In intrusion detection, one critical task is to detect (or identify) the malicious nodes (or sources) accurately and confidently. Two main kinds of detection techniques exist: signature-based detection and anomaly-based detection [176, 178]. The signature-based detection takes the predefined attack patterns (by domain experts) as signatures and monitor the node’s behavior (or network traffic) for matches to report the anomaly [176]. The anomaly-based detection builds profiles of normal node’s (or network) behavior and use the profiles to detect new patterns that have remarkable deviation [178]. For the reliable social sensing problem in our work, it is not obvious what behavior patterns the malicious (unreliable) sources will have without knowing the correctness of their measurements. Hence, there might not be an easy way to apply the intrusion techniques mentioned above to discover malicious sources for social sensing applications. Instead, given the MLE on participant reliability and the corresponding confidence interval provided by our scheme, we are able to both identify unreliable sources and quantify their reliability with certain confidence without prior knowledge of their behavior patterns.
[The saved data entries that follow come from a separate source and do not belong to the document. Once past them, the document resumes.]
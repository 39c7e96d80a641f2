// Objects and values of properties.
ghost use Rattle.jo_io.specs.Printers.{Prints};
ghost use Rattle.jo_model.specs.Printed.{object_bytes};
ghost use Rattle.jo_model.specs.Rendered.{property_value_bytes};

use crate::print::quoted::print_quoted;
use jo_io::{Printer, Sink};
use jo_value::{ObjId, Texts, Value};

// Prints an object, by its pass and serial.
pub fn print_object<K: Sink>(printer: &mut Printer<'_, K>, object: ObjId)
    ensures { Prints K.held K.faults printer.old printer.new (object_bytes object) }
{
    printer.put(b"#");
    printer.put_integer(object.pass);
    printer.put(b".");
    printer.put_integer(object.serial);
}

// Prints the value of a property, which is quoted where it is a text.
pub fn print_property_value<K: Sink>(printer: &mut Printer<'_, K>, texts: &Texts, value: Value)
    ensures { Prints K.held K.faults printer.old printer.new (property_value_bytes texts.now value) }
{
    match value {
        Value::Undefined => printer.put(b"undefined"),
        Value::Null => printer.put(b"null"),
        Value::Bool(true) => printer.put(b"true"),
        Value::Bool(false) => printer.put(b"false"),
        Value::Int(number) => printer.put_integer(number),
        Value::Text(id) => print_quoted(printer, texts.bytes(id)),
        Value::Object(object) => print_object(printer, object),
    }
}
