// All objects: a line for each, in order of pass and serial.
ghost use Rattle.std.specs.Prelude.{◌≡◌, ◌<◌, length};
ghost use Rattle.std.specs.List.{enumerate_from, flat_map};
ghost use Rattle.jo_io.specs.Printers.{Prints};
ghost use Rattle.jo_model.specs.Rendered.{object_line, heap_bytes};
ghost use Rattle.jo_model.specs.Heaps.{objects_of, object_of, IsBorn};

use crate::print::properties::print_properties;
use crate::print::value::print_object;
use jo_io::{Printer, Sink};
use jo_model::Objects;
use jo_value::{ObjId, Texts};

/// Prints the lines of all objects, in order of pass and serial.
pub fn print_heap<K: Sink, H: Objects>(printer: &mut Printer<'_, K>, texts: &Texts, heap: &H)
    ensures { Prints K.held K.faults printer.old printer.new
        (heap_bytes texts.now (H.heap heap.now)) }
{
    for pass in 0..heap.passes() {
        print_objects(printer, texts, heap, pass);
    }
}

// Prints the lines of a pass's objects.
fn print_objects<K: Sink, H: Objects>(
    printer: &mut Printer<'_, K>,
    texts: &Texts,
    heap: &H,
    pass: u8,
)
    requires { pass < length (H.heap heap.now) }
    ensures { Prints K.held K.faults printer.old printer.new
        (flat_map (object_line texts.now pass) (enumerate_from 0 (objects_of (H.heap heap.now) pass))) }
{
    for serial in 0..heap.objects(pass) {
        print_object_line(printer, texts, heap, ObjId { pass, serial });
    }
}

// Prints the line of an object.
fn print_object_line<K: Sink, H: Objects>(
    printer: &mut Printer<'_, K>,
    texts: &Texts,
    heap: &H,
    object: ObjId,
)
    requires { IsBorn (H.heap heap.now) object }
    ensures { Prints K.held K.faults printer.old printer.new
        (object_line texts.now object.pass (object.serial, object_of (H.heap heap.now) object)) }
{
    print_object(printer, object);
    printer.put(b" {");
    print_properties(printer, texts, heap, object);
    printer.put(b"}\n");
}
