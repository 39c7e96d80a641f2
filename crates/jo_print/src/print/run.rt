// What a script printed, and how it ended.
ghost use Rattle.std.specs.Prelude.{◌≡◌, ◌++◌, ◌≤◌, ◌<◌, true, codes, decimal, length, take};
ghost use Rattle.jo_io.specs.Printers.{Prints};
ghost use Rattle.jo_model.specs.Rendered.{headed, outcome_bytes, run_bytes};
ghost use Rattle.jo_print.specs.inner.Lines.{line_len};

use jo_io::{Printer, Sink};
use jo_model::Outcome;

/// Prints the lines of a script, which are closed by line feeds, each after the script's pass,
/// and the line of its outcome.
pub fn print_run<K: Sink>(printer: &mut Printer<'_, K>, pass: u8, lines: &[u8], outcome: Outcome)
    ensures { Prints K.held K.faults printer.old printer.new
        (run_bytes pass lines.now (outcome_bytes outcome)) }
{
    print_lines(printer, pass, lines);
    printer.put_integer(pass);
    printer.put(b"= ");
    printer.put(outcome_word(outcome));
    printer.put(b"\n");
}

// Prints each line after the pass.
fn print_lines<K: Sink>(printer: &mut Printer<'_, K>, pass: u8, lines: &[u8])
    ensures { Prints K.held K.faults printer.old printer.new
        (headed (decimal pass ++ codes "| ") true lines.now) }
{
    let mut done = 0;
    while done < lines.len() {
        let line = first_line(&lines[done..]);
        print_line(printer, pass, line);
        done += line.len();
    }
}

// Prints a line after the pass.
fn print_line<K: Sink>(printer: &mut Printer<'_, K>, pass: u8, line: &[u8])
    ensures { Prints K.held K.faults printer.old printer.new
        (decimal pass ++ codes "| " ++ line.now) }
{
    printer.put_integer(pass);
    printer.put(b"| ");
    printer.put(line);
}

// The first line, with its line feed.
fn first_line(lines: &[u8]) -> &[u8]
    ensures { result.now ≡ take (line_len lines.now) lines.now }
{
    &lines[..line_len(lines)]
}

// How many bytes the first line has, with its line feed.
fn line_len(lines: &[u8]) -> usize
    ensures len { result ≡ line_len lines.now }
    ensures within { result ≤ length lines.now }
    ensures some { 0 < length lines.now → 0 < result }
{
    let found = lines.iter().position(|byte| *byte == b'\n');
    let feed = found.unwrap_or(lines.len());
    lines.len().min(feed + 1)
}

// The word for an outcome.
fn outcome_word(outcome: Outcome) -> &'static [u8]
    ensures { result.now ≡ outcome_bytes outcome }
{
    match outcome {
        Outcome::Done => b"done",
        Outcome::TypeFault => b"TypeFault",
        Outcome::NotSafe => b"NotSafe",
        Outcome::KeyOutside => b"KeyOutside",
        Outcome::TurnsSpent => b"TurnsSpent",
        Outcome::OutputFull => b"OutputFull",
        Outcome::TooManyNames => b"TooManyNames",
        Outcome::ObjectsSpent => b"ObjectsSpent",
        Outcome::Spent => b"Spent",
    }
}
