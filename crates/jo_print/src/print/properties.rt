// The properties of an object: its indexes in rising order, and then its names in order of creation.
ghost use Rattle.std.specs.Prelude.{◌≡◌, ◌<◌, length, map, codes};
ghost use Rattle.std.specs.Option.{is_none};
ghost use Rattle.jo_io.specs.Printers.{Prints};
ghost use Rattle.jo_model.specs.Printed.{joined};
ghost use Rattle.jo_model.specs.Rendered.{element_bytes, name_bytes};
ghost use Rattle.jo_model.specs.Heaps.{object_of, IsBorn};
ghost use Rattle.jo_print.specs.inner.Fragments.{properties_bytes};
ghost use Rattle.jo_print.specs.inner.Series.{lead, series};

use crate::print::quoted::print_quoted;
use crate::print::value::print_property_value;
use jo_io::{Printer, Sink};
use jo_model::Objects;
use jo_value::{NameId, ObjId, TextId, Texts, Value};

// Prints an object's properties, with a comma between each two.
pub fn print_properties<K: Sink, H: Objects>(
    printer: &mut Printer<'_, K>,
    texts: &Texts,
    heap: &H,
    object: ObjId,
)
    requires { IsBorn (H.heap heap.now) object }
    ensures { Prints K.held K.faults printer.old printer.new
        (properties_bytes texts.now (object_of (H.heap heap.now) object)) }
{
    print_elements(printer, texts, heap, object);
    let is_bare = heap.element_from(object, 0).is_none();
    print_names(printer, texts, heap, object, is_bare);
}

// Prints the properties with an index.
fn print_elements<K: Sink, H: Objects>(
    printer: &mut Printer<'_, K>,
    texts: &Texts,
    heap: &H,
    object: ObjId,
)
    requires { IsBorn (H.heap heap.now) object }
    ensures { Prints K.held K.faults printer.old printer.new
        (joined (codes ", ") (map (element_bytes texts.now) (object_of (H.heap heap.now) object).elements)) }
{
    let mut is_first = true;
    let mut low = 0;
    while let Some((index, value)) = heap.element_from(object, low) {
        print_lead(printer, is_first);
        print_element(printer, texts, index, value);
        is_first = false;
        low = u32::from(index) + 1;
    }
}

// Prints the properties with a name, where `is_first` says whether nothing stands before them.
fn print_names<K: Sink, H: Objects>(
    printer: &mut Printer<'_, K>,
    texts: &Texts,
    heap: &H,
    object: ObjId,
    is_first: bool,
)
    requires { IsBorn (H.heap heap.now) object }
    ensures { Prints K.held K.faults printer.old printer.new
        (series is_first (map (name_bytes texts.now) (object_of (H.heap heap.now) object).names)) }
{
    let mut is_first = is_first;
    let mut at = 0;
    while let Some((name, value)) = heap.name(object, at) {
        print_lead(printer, is_first);
        print_name(printer, texts, name, value);
        is_first = false;
        at += 1;
    }
}

// Prints what stands before a property.
fn print_lead<K: Sink>(printer: &mut Printer<'_, K>, is_first: bool)
    ensures { Prints K.held K.faults printer.old printer.new (lead is_first) }
{
    if !is_first {
        printer.put(b", ");
    }
}

// Prints a property with an index.
fn print_element<K: Sink>(printer: &mut Printer<'_, K>, texts: &Texts, index: u16, value: Value)
    ensures { Prints K.held K.faults printer.old printer.new (element_bytes texts.now (index, value)) }
{
    printer.put_integer(index);
    printer.put(b": ");
    print_property_value(printer, texts, value);
}

// Prints a property with a name.
fn print_name<K: Sink>(printer: &mut Printer<'_, K>, texts: &Texts, name: NameId, value: Value)
    ensures { Prints K.held K.faults printer.old printer.new (name_bytes texts.now (name, value)) }
{
    print_quoted(printer, texts.bytes(TextId(name.0)));
    printer.put(b": ");
    print_property_value(printer, texts, value);
}
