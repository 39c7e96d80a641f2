// Texts between double quotes.
ghost use Rattle.std.specs.List.{flat_map};
ghost use Rattle.jo_io.specs.Printers.{Prints};
ghost use Rattle.jo_model.specs.Rendered.{quoted};
ghost use Rattle.jo_print.specs.inner.Fragments.{escaped};

use jo_io::{Printer, Sink};

// Prints a text between double quotes, with a backslash before each backslash and each double quote.
pub fn print_quoted<K: Sink>(printer: &mut Printer<'_, K>, text: &[u8])
    ensures { Prints K.held K.faults printer.old printer.new (quoted text.now) }
{
    printer.put(b"\"");
    print_all_escaped(printer, text);
    printer.put(b"\"");
}

// Prints each byte as it stands between quotes.
fn print_all_escaped<K: Sink>(printer: &mut Printer<'_, K>, text: &[u8])
    ensures { Prints K.held K.faults printer.old printer.new (flat_map escaped text.now) }
{
    for byte in text {
        print_escaped(printer, *byte);
    }
}

// Prints a byte, after a backslash where it is a double quote or a backslash itself.
fn print_escaped<K: Sink>(printer: &mut Printer<'_, K>, byte: u8)
    ensures { Prints K.held K.faults printer.old printer.new (escaped byte) }
{
    match byte {
        b'\\' | b'"' => printer.put(&[b'\\', byte]),
        _ => printer.put(&[byte]),
    }
}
Since people are an indispensable element in social sensing, some popular attacks originated from human (or source) interactions are interesting to investigate. Collusion attack is carried out by a group of colluded attackers who collectively perform some malicious (sometimes illegal) actions based on their agreement to defraud honest sources or obtain objective forbidden by the system. This attack could be mitigated by monitoring the interactions or relationships among colluded attackers or identifying the abnormal behavior from the group [179]. Sybil attack is another related attack carried out by a single attacker who intentionally create a large number of pseudonymous entities and use them to gain a disproportionately large influence on the system. This attack could be mitigated by certifying trust of identity assignment, increasing the cost of creating identities, limiting the resource the attacker can use to create new identities, etc. [180]. By handling reports from colluded or duplicate sources in a way that takes care of the source dependency, we will be able to address the above attacks to some extent. For example, by identifying duplicate sources, we can remove them along with their reports from the observed dataset, which is expected to improve the estimation performance. Problems become more interesting when sources are not just duplicates but actually linked through some orthogonal information network (e.g., social network). Recent work has investigated theory to characterize ones ability to identify and compensate for attacked nodes within a large scale sensor network performing target detection [181]. These principles may provide a starting point to analyze and characterize sensing over social networks.

11.4 Recommender Systems

Our work is related with a type of information filtering system called recommender systems, where the goal is usually to predict a user’s rating or preference to an item using the model built from the characteristics of the item and the behavioral pattern of the user [182]. EM has been used in either collaborative recommender systems as a clustering module [183] to mine the usage pattern of users or in a content-based recommender systems as a weighting factor estimator [184] to infer the user context. However, the reliable social sensing problem targets a different goal: we try to quantify how reliable a source is and identify whether a measured variable is true or not rather than predict how likely a user would choose one item compared to another. Moreover, users in recommender systems are commonly assumed to provide reasonably good data while the sources in social sensing are in general unreliable and the likelihood of the correctness of their measurements is unknown a priori. There appears no straightforward use of methods in the recommender systems regime for the target problem with unpredictably unreliable data. Additionally, the rating or preference we get from users in the recommender systems are sometimes subjective [185]. For example, some people may prefer Ford car to Toyota while others prefer exactly the opposite. It is hard to say who is right and who is wrong due to the fact that there is no universal ground truth on the items to be evaluated. We note that the work in this book may not be directly applicable to handle the above case due to the different assumptions made in models for truth finding. In social sensing applications, we aim to leverage the data contributed by common individuals and reconstruct the state of the physical world, where we usually do have the universal ground truth associated with the assertions that describe those physical states (e.g., a building is either on fire or not). The techniques reviewed in our book make much more sense under this assumption of social sensing applications. It enables the application to not only obtain the optimal estimation (in MLE sense) on source and information reliability, but also assess the quality of the estimation compared to the ground truth.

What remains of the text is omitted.